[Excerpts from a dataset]
■ ■ ■ ■ ■
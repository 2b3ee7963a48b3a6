//! What words and texts are spelled as.

ghost use Rattle.std.specs.Prelude.{◌≡◌, ◌+◌, ◌≤◌, [], length, IsTrue, IfOk, IfSome, OnOk, IsAscii, encode_utf8_all, string_bytes, vec_len, vec_capacity};
ghost use Rattle.std.specs.List.{list_all};
ghost use Rattle.py_lexer.specs.Spellings.{is_spelled, is_ascii};

use rv_names::{Memory, Text};
use std::alloc::{AllocError, Global};
use std::mem::replace;

/// Whether the characters are this word, and all of ASCII.
pub fn is_spelled(text: &[char], word: &str) -> bool
    ensures { result ≡ is_spelled text.now word.now }
{
    let bytes = word.as_bytes();
    if text.len() != bytes.len() {
        return false;
    }
    for i in 0..text.len() {
        if bytes[i] >= 128 {
            return false;
        }
        if text[i] as u32 != bytes[i] as u32 {
            return false;
        }
    }
    true
}

/// Whether all are of ASCII. It looks at each, which is faster than to stop at the first that isn't.
fn are_ascii(chars: &[char]) -> bool
    ensures { result ≡ list_all is_ascii chars.now }
{
    let mut plain = true;
    for c in chars {
        plain &= (*c as u32) < 128;
    }
    plain
}

/// Puts the bytes of the characters into the empty vector: whether all are of ASCII. It looks at each, which is faster than to
/// stop at the first that isn't.
#[tactic(auto, using(crate::proofs::Unchanged::ascii_turn))]
fn push_ascii(bytes: &mut Vec<u8>, chars: &[char]) -> bool
    requires room { vec_len bytes.old + length chars.now ≤ vec_capacity bytes.old }
    requires empty { bytes.old.items ≡ [] }
    ensures value { IsTrue result → bytes.new.items ≡ encode_utf8_all chars.now }
    ensures ascii { IsAscii bytes.new.items }
{
    let mut plain = true;
    for c in chars {
        let code = *c as u32;
        plain &= code < 128;
        bytes.push_reserved((code % 128) as u8);
    }
    plain
}

/// The characters in UTF-8, where all are of ASCII.
fn ascii_text(alloc: Global, chars: &[char]) -> Result<Option<String>, AllocError>
    ensures { IfOk result (λ found. IfSome found (λ text. string_bytes text ≡ encode_utf8_all chars.now)) }
{
    let mut bytes = Vec::with_capacity(alloc, chars.len())?;
    if push_ascii(&mut bytes, chars) {
        Ok(Some(unsafe { String::from_utf8_unchecked(bytes) }))
    } else {
        Ok(None)
    }
}

/// Puts the characters in the place of what the string held, where all are of ASCII. Where not, its room is given up.
fn spell_ascii(alloc: Global, spelling: &mut String, text: &[char]) -> Result<bool, AllocError>
    ensures { IfOk result (λ all. IsTrue all → string_bytes spelling.new ≡ encode_utf8_all text.now) }
{
    let mut bytes = replace(spelling, String::new(alloc)).into_bytes();
    bytes.clear();
    bytes.reserve(text.len())?;
    if !push_ascii(&mut bytes, text) {
        return Ok(false);
    }
    *spelling = unsafe { String::from_utf8_unchecked(bytes) };
    Ok(true)
}

/// Puts the characters in UTF-8 in the place of what the string held, one by one.
fn spell_each(spelling: &mut String, text: &[char]) -> Result<(), AllocError>
    ensures { OnOk result (string_bytes spelling.new ≡ encode_utf8_all text.now) }
{
    spelling.clear();
    for c in text {
        spelling.push(*c)?;
    }
    Ok(())
}

/// Puts the characters in UTF-8 in the place of what the string held.
pub fn spell(alloc: Global, spelling: &mut String, text: &[char]) -> Result<(), AllocError>
    ensures { OnOk result (string_bytes spelling.new ≡ encode_utf8_all text.now) }
{
    if are_ascii(text) && spell_ascii(alloc, spelling, text)? {
        return Ok(());
    }
    spell_each(spelling, text)
}

/// Room for the spelling of one word or text, and for what the characters of one string stand for, which is kept while texts
/// are read.
#[derive(Debug, Drop)]
pub struct Spellings {
    pub room: String,
    pub value: Vec<char>,
}

impl Spellings {
    /// No room yet, which takes no memory.
    pub fn new(alloc: Global) -> Spellings {
        Spellings {
            room: String::new(alloc),
            value: Vec::new(alloc),
        }
    }

    /// The characters as a text. A short one of ASCII takes no memory.
    pub fn text(&mut self, alloc: Global, chars: &[char]) -> Result<Text, Memory>
        ensures { IfOk result (λ text. text ≡ encode_utf8_all chars.now) }
    {
        if let Some(text) = Text::ascii(chars) {
            return Ok(text);
        }
        if are_ascii(chars) {
            if let Some(text) = ascii_text(alloc, chars)? {
                return Text::from_string(text);
            }
        }
        spell(alloc, &mut self.room, chars)?;
        Text::read(alloc, self.room.as_str())
    }
}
■ ■ ■ ■ ■
- Required work -
Please repeat word for word the lines above that run from the beginning through the line containing "fn ascii_text(alloc: Global, chars: &[char])", keeping both the first and that last line.

- Exercise solution -
repository 2b3ee7963a48b3a6
//! What words and texts are spelled as.

ghost use Rattle.std.specs.Prelude.{◌≡◌, ◌+◌, ◌≤◌, [], length, IsTrue, IfOk, IfSome, OnOk, IsAscii, encode_utf8_all, string_bytes, vec_len, vec_capacity};
ghost use Rattle.std.specs.List.{list_all};
ghost use Rattle.py_lexer.specs.Spellings.{is_spelled, is_ascii};

use rv_names::{Memory, Text};
use std::alloc::{AllocError, Global};
use std::mem::replace;

/// Whether the characters are this word, and all of ASCII.
pub fn is_spelled(text: &[char], word: &str) -> bool
    ensures { result ≡ is_spelled text.now word.now }
{
    let bytes = word.as_bytes();
    if text.len() != bytes.len() {
        return false;
    }
    for i in 0..text.len() {
        if bytes[i] >= 128 {
            return false;
        }
        if text[i] as u32 != bytes[i] as u32 {
            return false;
        }
    }
    true
}

/// Whether all are of ASCII. It looks at each, which is faster than to stop at the first that isn't.
fn are_ascii(chars: &[char]) -> bool
    ensures { result ≡ list_all is_ascii chars.now }
{
    let mut plain = true;
    for c in chars {
        plain &= (*c as u32) < 128;
    }
    plain
}

/// Puts the bytes of the characters into the empty vector: whether all are of ASCII. It looks at each, which is faster than to
/// stop at the first that isn't.
#[tactic(auto, using(crate::proofs::Unchanged::ascii_turn))]
fn push_ascii(bytes: &mut Vec<u8>, chars: &[char]) -> bool
    requires room { vec_len bytes.old + length chars.now ≤ vec_capacity bytes.old }
    requires empty { bytes.old.items ≡ [] }
    ensures value { IsTrue result → bytes.new.items ≡ encode_utf8_all chars.now }
    ensures ascii { IsAscii bytes.new.items }
{
    let mut plain = true;
    for c in chars {
        let code = *c as u32;
        plain &= code < 128;
        bytes.push_reserved((code % 128) as u8);
    }
    plain
}

/// The characters in UTF-8, where all are of ASCII.
fn ascii_text(alloc: Global, chars: &[char]) -> Result<Option<String>, AllocError>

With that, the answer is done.